(Editor's note: Updates to reflect today's earnings releases from Kohl's and Nordstrom.)BOSTON ( TheStreet Ratings) -- The term "trade down" became a familiar phrase in the investment lexicon after the credit crisis struck the U.S. in 2008. Trade down, in reference to the retail industry, refers to consumers choosing lower-priced, discounted goods, as compared with higher-end items. Americans, hobbled by surging unemployment, high gasoline prices, investment losses and depressed home prices, were forced to cut back. Teens who usually assembled a wardrobe at Abercrombie & Fitch ( ANF) were searching for back-to-school clothes at Aeropostale ( ARO). Their parents, who might have been used to dressing up at J.Crew ( JCG) and The Gap's ( GPS) Banana Republic were heading to TJMaxx ( TJX) or The Gap's Old Navy to save a few bucks. Starbucks ( SBUX) frappucinos and lattes weren't selling as well, as many stopped splurging, opting for the java jolt from their -- gasp -- household coffee maker.

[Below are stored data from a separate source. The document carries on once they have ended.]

//! Import: a copy that comes as an image.

ghost use Rattle.std.specs.Prelude.{◌≡◌, IfOk, OnErr};
ghost use Rattle.request_frames.specs.Import.{import_view};
ghost use Rattle.answering.specs.Telling.{AnswersTold, WritesTold};
ghost use Rattle.answering.specs.Doing.{DoesTold};
ghost use Rattle.broker_state.specs.declared.config.Role.TheVariants.{Leader, Follower};
ghost use Rattle.copy_requests.specs.Import.{has_begun, imported_answer, import_work, import_sent};
ghost use Rattle.copy_requests.specs.Import.Images.{IsReadAs, IsPlaceToImport};
ghost use Rattle.copy_requests.specs.Outcomes.{Imports};

use crate::codes::image_refused;
use answering::{ErrorCode, Memory, Refused, respond_once};
use broker_state::{BrokerState, Change, Place, Role};
use copy_deltas::{MergeError, merge_into};
use copy_images::read_image;
use partition_log::{Gapped, LeaderLog, PartitionLog};
use request_frames::ImportRequest;
use responses::RESPONSE_HEAD_BYTES;
use responses::import::{IMPORT_ANSWER_BYTES, ImportAnswer, import_answer_bytes};
use segment::BatchStore;
use std::alloc::{AllocError, Allocator};

/// A copy that comes.
#[derive(Drop)]
struct Importing<S: BatchStore> {
    copy: PartitionLog<S>,
}

/// Makes a copy the log that is led.
fn lead<S: BatchStore>(log: &mut LeaderLog<S>, copy: PartitionLog<S>) -> Result<(), Refused>
    ensures { Imports Leader copy result log.old log.new }
{
    // Called for its clause alone: the copy is a content.
    let _ = copy.end();
    match LeaderLog::from_copy(copy) {
        Ok(led) => {
            *log = led;
            Ok(())
        }
        Err(Gapped { .. }) => Err(Refused::Check(ErrorCode::InvalidRequest)),
    }
}

/// Merges a copy into the one that follows.
fn merge_copy<S: BatchStore>(
    here: &mut PartitionLog<S>,
    copy: &PartitionLog<S>,
) -> Result<(), Refused>
    ensures { Imports Follower copy.now result here.old here.new }
{
    // Called for their clauses alone: both copies are contents.
    let _ = (here.end(), copy.end());
    match merge_into(here, copy) {
        Ok(()) => Ok(()),
        Err(MergeError::Disagree { .. }) => Err(Refused::Check(ErrorCode::InvalidRequest)),
        Err(MergeError::OutOfMemory) => Err(Refused::OutOfMemory),
    }
}

impl<S: BatchStore> Change<S, Result<(), Refused>> for Importing<S> {
    ghost use Rattle.copy_requests.specs.Outcomes.{Imports};

    ghost changes = { λ importing role result here after.
        Imports role importing.copy result here after };

    fn make_in_log(self, log: &mut LeaderLog<S>) -> Result<(), Refused> {
        lead(log, self.copy)
    }

    fn make_in_copy(self, copy: &mut PartitionLog<S>) -> Result<(), Refused> {
        merge_copy(copy, &self.copy)
    }
}

/// Whether offsets of a log were given out already.
fn has_begun<S: BatchStore>(copy: &PartitionLog<S>) -> bool
    ensures { result ≡ has_begun copy.now }
{
    !copy.cover().ranges().is_empty() || copy.start() != 0
}

/// The copy that bytes are the image of.
fn read_copy<S: BatchStore>(alloc: S::Alloc, image: &[u8]) -> Result<PartitionLog<S>, Refused>
    ensures { IsReadAs image.now result }
{
    match read_image(alloc, image) {
        Ok(copy) => Ok(copy),
        Err(fault) => Err(image_refused(fault)),
    }
}

/// The place of a partition that takes a copy.
fn place_to_import<S: BatchStore>(
    state: &BrokerState<S>,
    topic: &[u8],
    partition: i32,
) -> Result<Place, ErrorCode>
    ensures { IsPlaceToImport state.now topic.now partition result }
{
    let Some(place) = state.place_of(topic, partition) else {
        return Err(ErrorCode::UnknownTopicOrPartition);
    };
    match state.role() {
        Role::Leader if has_begun(state.copy_at(place)) => Err(ErrorCode::InvalidRequest),
        _ => Ok(place),
    }
}

/// Does what an Import request asks for, or finds its first fault.
fn try_import<S: BatchStore>(
    state: &mut BrokerState<S>,
    topic: &[u8],
    partition: i32,
    image: &[u8],
) -> Result<(), Refused>
    ensures { DoesTold (import_work state.old
        (record { topic = topic.now; partition = partition; image = image.now }))
        imported_answer result state.old state.new }
{
    let place = match place_to_import(state, topic, partition) {
        Ok(place) => place,
        Err(fault) => return Err(Refused::Check(fault)),
    };
    let alloc = state.copy_at(place).allocator();
    match read_copy(alloc, image) {
        Ok(copy) => state.change_at(place, Importing { copy }),
        Err(fault) => Err(fault),
    }
}

/// What is answered to an Import request, whose copy is then taken or refused; and whether memory
/// sufficed.
fn import_entry<S: BatchStore>(
    state: &mut BrokerState<S>,
    request: &ImportRequest<'_>,
) -> (ImportAnswer, Memory)
    ensures { AnswersTold result.1 (import_work state.old (import_view request.now))
        state.old result.0 state.new }
{
    match try_import(state, request.topic, request.partition, request.image) {
        Ok(()) => (ImportAnswer { code: 0 }, Memory::Sufficed),
        Err(refused) => {
            let code = refused.code().number();
            (ImportAnswer { code }, refused.memory())
        }
    }
}

/// Takes the copy of an Import request into a partition, and appends the response to the output. Its
/// room is taken before anything changes.
///
/// Where there is no memory for the copy the partition is as it was, the answer is the error code of a
/// storage error, and it is told that memory lacked.
///
/// # Errors
///
/// `AllocError` where there is no memory for the response; then nothing was imported, and the output is
/// as before.
pub fn reply_to_import<S: BatchStore, A: Allocator + Copy>(
    state: &mut BrokerState<S>,
    correlation: i32,
    request: &ImportRequest<'_>,
    out: &mut Vec<u8, A>,
) -> Result<Memory, AllocError>
    ensures responds { IfOk result (λ memory. WritesTold (import_sent correlation)
        (import_work state.old (import_view request.now)) state.old
        out.old.items out.new.items memory state.new) }
    ensures unchanged_on_error { OnErr result
        ((state.new ≡ state.old) × (out.new.items ≡ out.old.items)) }
{
    out.reserve(RESPONSE_HEAD_BYTES + IMPORT_ANSWER_BYTES)?;
    let (answer, memory) = import_entry(state, request);
    let bytes = import_answer_bytes(answer);
    let Ok(()) = respond_once(correlation, &[], &[], &bytes, out) else {
        unreachable!()
    };
    Ok(memory)
}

Nordstrom posted per-share earnings of $0.65 and $2.23 billion in revenue, up from $0.52 per share and $2 billion in the same period last year. TheStreet Ratings' quantitative model has a "buy" rating and a $58.35 target on Nordstrom, offering a potential 21% upside from current levels. The company scores best for growth, driven by a 39% increase in earnings over the past year. Our model also likes Nordstrom's strong return on invested capital (ROIC) -- the recently reported 12.8% is up from 11.5% in 2010. Nordstrom is a good value. Management provided updated guidance of $2.80 to $2.95 in earnings for 2011. If the company achieves, let's say, $3 for 2011, then the stock is trading at 16 times current-year estimates. And with Wall Street analysts forecasting $3.46 for 2012, the stock trades at a forward 2012 price-to-earnings ratio of only 13.9. The stock, in better economic conditions, has historically traded at 18 to 20 times earnings. While luxury retailers like Nordstrom have performed well as consumer spending has picked up, discount peers such as Kohl's ( KSS) have faltered. Kohl's met expectations for its fiscal first-quarter earnings, although same-store sales growth in April came in at 10.2%, below the 15% predicted by analysts. Despite the shortfall in same-store sales, TheStreet Ratings' model likes Kohl's, giving the stock a "buy" with a $60 price target (14% upside). Kohl's posted first-quarter EPS of $0.73 and revenue of $4.16 billion, up 6% and 3%, respectively, from last year. The model likes the retailer's efficiency in investing capital, with an ROIC of 11.4%, up from 10% last year. Solvency isn't an issue -- the shares look good with a manageable 26% debt-to-equity ratio and ample short-term liquidity. The company made solid improvements in 2010 with its private and exclusive national brands, which reached about 48% of sales, up 3 percentage points from the previous year. Management is predicting that the company can grow between 10% and 15% over the next several years. With the stock trading at 12 times current-year earnings and at only 10.5 times 2012 estimates, the stock looks reasonable.
While the trade-down phenomenon was certainly a benefit to many discount retailers over the past few years, it appears that the tides may be turning. Discount retailers such as Kohl's can continue to thrive in an improving economy, yet as consumer spending strengthens, luxury retailers such as Nordstrom should be able to cash in. Consider both stocks a good investment, yet Nordstrom will be the better play if consumer spending accelerates.